● Records:
====================

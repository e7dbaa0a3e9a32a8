//! `owners_of`, which finds the owner of each path that members claim, and the first contested
//! path. The rule is in `docs/commands.md`, "Files that several packages list"; it also says which
//! path is reported if no member owns it.

ghost use Rattle.std.specs.Prelude.{◌≡◌, ◌+◌, ◌<◌, ℕ, Bool, Option, Some, true, IfOk, is_none, length, map, option_and_then, option_map, slice_get, ◌==◌, List};
ghost use Rattle.std.specs.List.Sorted.{IsSorted};
ghost use Rattle.base_core.specs.Sorted.{sorted_by};
ghost use Rattle.path_claims.specs.Claims.{AreNumberedByPlace, PathClaim, claim_cmp, path_with_rivals_of_first_claimant, first_contested_path_in_byte_order, is_owning_member, is_claim_of_owner, owner_among};
ghost use Rattle.path_claims.specs.Contest.{IsAsymmetric, are_all_others_beaten_by};
ghost use Rattle.path_claims.specs.Runs.{is_first_of_path};
ghost use Rattle.path_claims.specs.Seen.{claim_seen};
ghost use Rattle.path_claims.specs.ContestedSeen.{contested_seen};
ghost use Rattle.std.specs.List.{find, list_any};

use crate::claim::{Claim, begins_path, run_at, sort_claims};
use crate::contest::{Contest, Rivals, first_with_unbeaten_rival, member_beating_all_others};
use adb_fields::FilePath;
use std::alloc::{AllocError, Global};

/// A contested path, which no member owns, with its rivals.
#[derive(Clone, Copy)]
pub struct Contested<'a> {
    /// The path that no member owns.
    pub path: FilePath<'a>,
    /// The first member that claims the path, and the first other one that this one does not beat.
    pub rivals: Rivals,
}

/// The result of `owners_of`: the claims in byte order of their paths, and the owners of the paths.
#[derive(Drop)]
pub struct Owners<'a> {
    /// The claims in byte order of their paths. Those of the same path are in the order of the
    /// given list of all claims.
    pub claims: Vec<Claim<'a>>,
    /// For each of these claims, the index of the member that owns its path, or None if no member
    /// does.
    pub owners: Vec<Option<u32>>,
    /// For each claim, in the order of the given list of all claims, whether its member owns its
    /// path.
    pub owned: Vec<bool>,
    /// The first path in byte order that no member owns, with its rivals. None if each path has an
    /// owner.
    pub contested: Option<Contested<'a>>,
}

/// The owner of the path of the claim with the index `i`. `before` is the owner of the path of the
/// claim before it.
fn owner_at<C: Contest>(
    contest: &C,
    claims: &[Claim<'_>],
    i: usize,
    before: Option<u32>,
) -> Option<u32>
    // The index is that of one of the claims.
    requires at { i < length claims.now }
    // Of two members, at most one beats the other.
    requires one_way { IsAsymmetric (C.beats contest.now) }
    // The claims are in byte order of their paths.
    requires sorted { IsSorted claim_cmp (map claim_seen claims.now) }
    // `before` is the owner of the path of the claim before this one, if there is such a claim.
    requires before { (j : ℕ) (c : PathClaim) → j + 1 ≡ i
        → slice_get (map claim_seen claims.now) j ≡ Some c
        → before ≡ owner_among (C.beats contest.now) (map claim_seen claims.now) c.path }
    // The result is the index of the member that owns the claim's path, or None.
    ensures { (c : PathClaim) → slice_get (map claim_seen claims.now) i ≡ Some c
        → result ≡ owner_among (C.beats contest.now) (map claim_seen claims.now) c.path }
{
    // Claims of one path are adjacent, so a claim that is not the first of its path has the owner
    // of the claim before it.
    if !begins_path(claims, i) {
        return before;
    }
    member_beating_all_others(contest, run_at(claims, i))
}

/// For each claim, in the same order, the index of the member that owns its path, or None.
fn owners_in_order<C: Contest>(
    alloc: Global,
    contest: &C,
    claims: &[Claim<'_>],
) -> Result<Vec<Option<u32>>, AllocError>
    // Of two members, at most one beats the other.
    requires one_way { IsAsymmetric (C.beats contest.now) }
    // The claims are in byte order of their paths.
    requires sorted { IsSorted claim_cmp (map claim_seen claims.now) }
    // On Ok, the result has the owner of the path of each claim.
    ensures { IfOk result (λ owners. owners.items
        ≡ map (λ c. owner_among (C.beats contest.now) (map claim_seen claims.now) c.path)
        (map claim_seen claims.now)) }
{
    let mut owners = Vec::new(alloc);
    let mut owner = None;
    for i in 0..claims.len() {
        owner = owner_at(contest, claims, i, owner);
        owners.push(owner)?;
    }
    Ok(owners)
}

/// Whether there is an owner, and it is this member.
fn is_owning_member(member: u32, owner: Option<u32>) -> bool
    ensures { result ≡ is_owning_member member owner }
{
    match owner {
        Some(owner) => member == owner,
        None => false,
    }
}

/// Sets, for each claim, the flag at the index that is the claim's number: whether its member owns
/// its path. `owners` has the owner of the path of each claim.
fn mark_owned(flags: &mut [bool], claims: &[Claim<'_>], owners: &[Option<u32>])
    // `owners` has one entry for each claim.
    requires owners { length owners.now ≡ length claims.now }
    // The number of each claim is the index of a flag.
    requires flags { (j : ℕ) (c : PathClaim) → slice_get (map claim_seen claims.now) j ≡ Some c
        → c.number < length flags.old }
    // Claims with the same number get the same flag.
    requires same { (j k : ℕ) (c d : PathClaim) (o p : Option ℕ)
        → slice_get (map claim_seen claims.now) j ≡ Some c → slice_get owners.now j ≡ Some o
        → slice_get (map claim_seen claims.now) k ≡ Some d → slice_get owners.now k ≡ Some p
        → c.number ≡ d.number → is_owning_member c.member o ≡ is_owning_member d.member p }
    // The number of flags does not change.
    ensures len { length flags.new ≡ length flags.old }
    // The flag of each claim says whether its member owns its path.
    ensures marked { (j : ℕ) (c : PathClaim) (o : Option ℕ)
        → slice_get (map claim_seen claims.now) j ≡ Some c → slice_get owners.now j ≡ Some o
        → slice_get flags.new c.number ≡ Some (is_owning_member c.member o) }
{
    for i in 0..claims.len() {
        flags[claims[i].number] = is_owning_member(claims[i].member, owners[i]);
    }
}

/// The path of the claim with the index `i`, with its rivals: the first member that claims the
/// path, and the first other one that it does not beat. None if the first member beats all others.
fn contested_from<'a, C: Contest>(
    contest: &C,
    claims: &[Claim<'a>],
    i: usize,
) -> Option<Contested<'a>>
    // The index is that of one of the claims.
    requires at { i < length claims.now }
    // The claims are in byte order of their paths.
    requires sorted { IsSorted claim_cmp (map claim_seen claims.now) }
    // No earlier claim has the same path.
    requires first { is_first_of_path (map claim_seen claims.now) i ≡ true }
    // The result has the path of this claim, and its rivals.
    ensures { (c : PathClaim) → slice_get (map claim_seen claims.now) i ≡ Some c
        → option_map contested_seen result
        ≡ path_with_rivals_of_first_claimant (C.beats contest.now)
        (map claim_seen claims.now) c.path }
{
    match first_with_unbeaten_rival(contest, run_at(claims, i)) {
        Some(rivals) => Some(Contested {
            path: claims[i].path,
            rivals,
        }),
        None => None,
    }
}

/// The first path in byte order that no member owns, with its rivals. `owners` has the owner of the
/// path of each claim.
fn first_contested<'a, C: Contest>(
    contest: &C,
    claims: &[Claim<'a>],
    owners: &[Option<u32>],
) -> Option<Contested<'a>>
    // The claims are in byte order of their paths.
    requires sorted { IsSorted claim_cmp (map claim_seen claims.now) }
    // `owners` has the owner of each claim's path.
    requires owners { owners.now
        ≡ map (λ c. owner_among (C.beats contest.now) (map claim_seen claims.now) c.path)
        (map claim_seen claims.now) }
    // The result is the first path, in the order of the claims, that has no owner, with its rivals.
    ensures { option_map contested_seen result
        ≡ option_and_then (path_with_rivals_of_first_claimant (C.beats contest.now)
        (map claim_seen claims.now))
        (find
        (λ path. is_none (owner_among (C.beats contest.now) (map claim_seen claims.now) path))
        (map (λ c. c.path) (map claim_seen claims.now))) }
{
    for i in 0..claims.len() {
        if owners[i].is_none() {
            return contested_from(contest, claims, i);
        }
    }
    None
}

/// For each claim, whether its member owns its path; the index of a flag is the number of the
/// claim. `owners` has the owner of the path of each claim.
fn owned_flags(
    alloc: Global,
    claims: &[Claim<'_>],
    owners: &[Option<u32>],
) -> Result<Vec<bool>, AllocError>
    // `owners` has one entry for each claim.
    requires owners { length owners.now ≡ length claims.now }
    // The number of each claim is below the number of claims.
    requires numbers { (j : ℕ) (c : PathClaim) → slice_get (map claim_seen claims.now) j ≡ Some c
        → c.number < length claims.now }
    // Claims with the same number have the same flag.
    requires same { (j k : ℕ) (c d : PathClaim) (o p : Option ℕ)
        → slice_get (map claim_seen claims.now) j ≡ Some c → slice_get owners.now j ≡ Some o
        → slice_get (map claim_seen claims.now) k ≡ Some d → slice_get owners.now k ≡ Some p
        → c.number ≡ d.number → is_owning_member c.member o ≡ is_owning_member d.member p }
    // There are as many flags as claims.
    ensures len { IfOk result (λ flags. length flags.items ≡ length claims.now) }
    // The flag of each claim says whether its member owns its path.
    ensures marked { IfOk result (λ flags. (j : ℕ) (c : PathClaim) (o : Option ℕ)
        → slice_get (map claim_seen claims.now) j ≡ Some c → slice_get owners.now j ≡ Some o
        → slice_get flags.items c.number ≡ Some (is_owning_member c.member o)) }
{
    let mut flags = Vec::new(alloc);
    flags.resize(claims.len(), false)?;
    mark_owned(&mut flags, claims, owners);
    Ok(flags)
}

/// Finds the owners of the paths that members claim, by sorting the claims. The contest is asked at
/// most twice for each claim, and not at all for a path with one claim.
///
/// # Errors
///
/// The program is out of memory.
pub fn owners_of<'a, C: Contest>(
    alloc: Global,
    contest: &C,
    claims: Vec<Claim<'a>>,
) -> Result<Owners<'a>, AllocError>
    // Of two members, at most one beats the other.
    requires one_way { IsAsymmetric (C.beats contest.now) }
    // The number of each claim is its index in the list.
    requires numbered { AreNumberedByPlace (map claim_seen claims.items) }
    // On Ok, `claims` has the claims in byte order of their paths; those of the same path keep
    // their order.
    ensures claims { IfOk result (λ found. map claim_seen found.claims.items
        ≡ sorted_by claim_cmp (map claim_seen claims.entry.items)) }
    // On Ok, `owners` has, for each of these claims, the index of the member that owns its path, or
    // None.
    ensures owners { IfOk result (λ found. found.owners.items
        ≡ map (λ c. owner_among (C.beats contest.now) (map claim_seen claims.entry.items) c.path)
        (map claim_seen found.claims.items)) }
    // On Ok, `owned` says of each claim, in the order of the given list, whether its member owns
    // its path.
    ensures owned { IfOk result (λ found. found.owned.items
        ≡ map (is_claim_of_owner (C.beats contest.now) (map claim_seen claims.entry.items))
        (map claim_seen claims.entry.items)) }
    // On Ok, `contested` is the first path in byte order that no member owns, with its rivals.
    ensures contested { IfOk result (λ found. option_map contested_seen found.contested
        ≡ first_contested_path_in_byte_order (C.beats contest.now)
        (map claim_seen claims.entry.items)) }
{
    let mut claims = claims;
    sort_claims(&mut claims)?;
    let owners = owners_in_order(alloc, contest, &claims)?;
    let owned = owned_flags(alloc, &claims, &owners)?;
    let contested = first_contested(contest, &claims, &owners);
    Ok(Owners {
        claims,
        owners,
        owned,
        contested,
    })
}

/// A law: no path has two owners. If x and y are among the members, and each of them beats every
/// other member, they are the same member.
pub fn a_path_has_one_owner()
    ensures { (beats : ℕ → ℕ → Bool) (members : List ℕ) (x y : ℕ) → IsAsymmetric beats
        → list_any (λ z. x == z) members ≡ true → list_any (λ z. y == z) members ≡ true
        → are_all_others_beaten_by beats members x ≡ true
        → are_all_others_beaten_by beats members y ≡ true → x ≡ y }
{}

====================

● Task prompt: Please return every line from the first one in the records above down to the line containing "which no member owns, with its rivals.", including both, exactly as written and nothing more.

● Solution:
repository e7dbaa0a3e9a32a8
//! `owners_of`, which finds the owner of each path that members claim, and the first contested
//! path. The rule is in `docs/commands.md`, "Files that several packages list"; it also says which
//! path is reported if no member owns it.

ghost use Rattle.std.specs.Prelude.{◌≡◌, ◌+◌, ◌<◌, ℕ, Bool, Option, Some, true, IfOk, is_none, length, map, option_and_then, option_map, slice_get, ◌==◌, List};
ghost use Rattle.std.specs.List.Sorted.{IsSorted};
ghost use Rattle.base_core.specs.Sorted.{sorted_by};
ghost use Rattle.path_claims.specs.Claims.{AreNumberedByPlace, PathClaim, claim_cmp, path_with_rivals_of_first_claimant, first_contested_path_in_byte_order, is_owning_member, is_claim_of_owner, owner_among};
ghost use Rattle.path_claims.specs.Contest.{IsAsymmetric, are_all_others_beaten_by};
ghost use Rattle.path_claims.specs.Runs.{is_first_of_path};
ghost use Rattle.path_claims.specs.Seen.{claim_seen};
ghost use Rattle.path_claims.specs.ContestedSeen.{contested_seen};
ghost use Rattle.std.specs.List.{find, list_any};

use crate::claim::{Claim, begins_path, run_at, sort_claims};
use crate::contest::{Contest, Rivals, first_with_unbeaten_rival, member_beating_all_others};
use adb_fields::FilePath;
use std::alloc::{AllocError, Global};

/// A contested path, which no member owns, with its rivals.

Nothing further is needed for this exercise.